Fujio’s first-born child, a girl, died in 1911. Overcome with grief, Fujio stopped painting for almost 10 years. In 1911 her first son, Toshi Yoshida was born, but within a year he contracted polio and was partly paralyzed. A second son, Hodaka Yoshida, was born in 1926. Both sons became artists. After Hiroshi died in 1950, she lived first with Toshi’s family and then with Hodaka’s family. Influenced by Hodaka’s abstract art, she began in 1949 to create abstract flower paintings in oils, watercolors, and in 1953 in woodblock prints.
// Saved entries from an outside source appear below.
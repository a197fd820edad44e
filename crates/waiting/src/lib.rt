// The calls on a whole `Waiting`, by value: nothing waits, an entry enters, and the pick at a moment.
// They are thin over the calls in place of `classes`; what is promised of entering and picking stands here, too.
#![tactic(auto)]

ghost use Rattle.std.specs.Prelude.{◌≡◌};
ghost use Rattle.places.specs.Queue.{nothing};
ghost use Rattle.classes.specs.Calls.{enter_gives, pick_gives};

use places::{After, Entry, Picked, Waiting};
use quantity::{Refusal, Ticks};

// The places at the start: nothing waits. No `Default`: clauses and theorems name it, `nothing`.
pub fn empty() -> Waiting
    ensures { result ≡ nothing }
{
    Waiting {
        times: [0u64; 256],
        handles: [0u32; 256],
        bits: [0u64; 256],
        fills: [0u8; 8],
    }
}

// Enters an entry into a class.
pub fn enter(mut waiting: Waiting, class: u8, entry: Entry) -> After<Result<(), Refusal>>
    ensures { result ≡ enter_gives waiting class entry }
{
    let answer = classes::enter_in_place(&mut waiting, class, entry);
    After { answer, waiting }
}

// Picks at a moment.
pub fn pick(mut waiting: Waiting, moment: Ticks) -> After<Picked>
    ensures { result ≡ pick_gives waiting moment.0 }
{
    let answer = classes::pick_in_place(&mut waiting, moment);
    After { answer, waiting }
}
Fujio published her autobiography, Shuyô no ki (Vermilion Leaf Record), in 1978. In 1980 she held her first solo exhibition in Tokyo. She died peacefully in Hodaka’s home in 1987, just days short of her 100th birthday. A very important large and scholarly exhibit of her work was mounted by the Fuchu Art Museum near Tokyo in 2002, where her treatment of light was seen as clearly differentiating her work from her husband’s. The Minneapolis Institute of Arts featured her work in its 2002 exhibit and catalogue, “A Japanese Legacy: Four Generations of Yoshida Family Artists.”
Sources: Fujio Yoshida, Shuyô no ki, Taiyô Publishing Co., Tokyo, 1978; Yoshida Fujio: A Painter of Radiance, Fuchu Art Museum, 2002; Allen, et al, A Japanese Legacy: Four Generations of Yoshida Family Artists, Minneapolis Institute of Arts, 2002.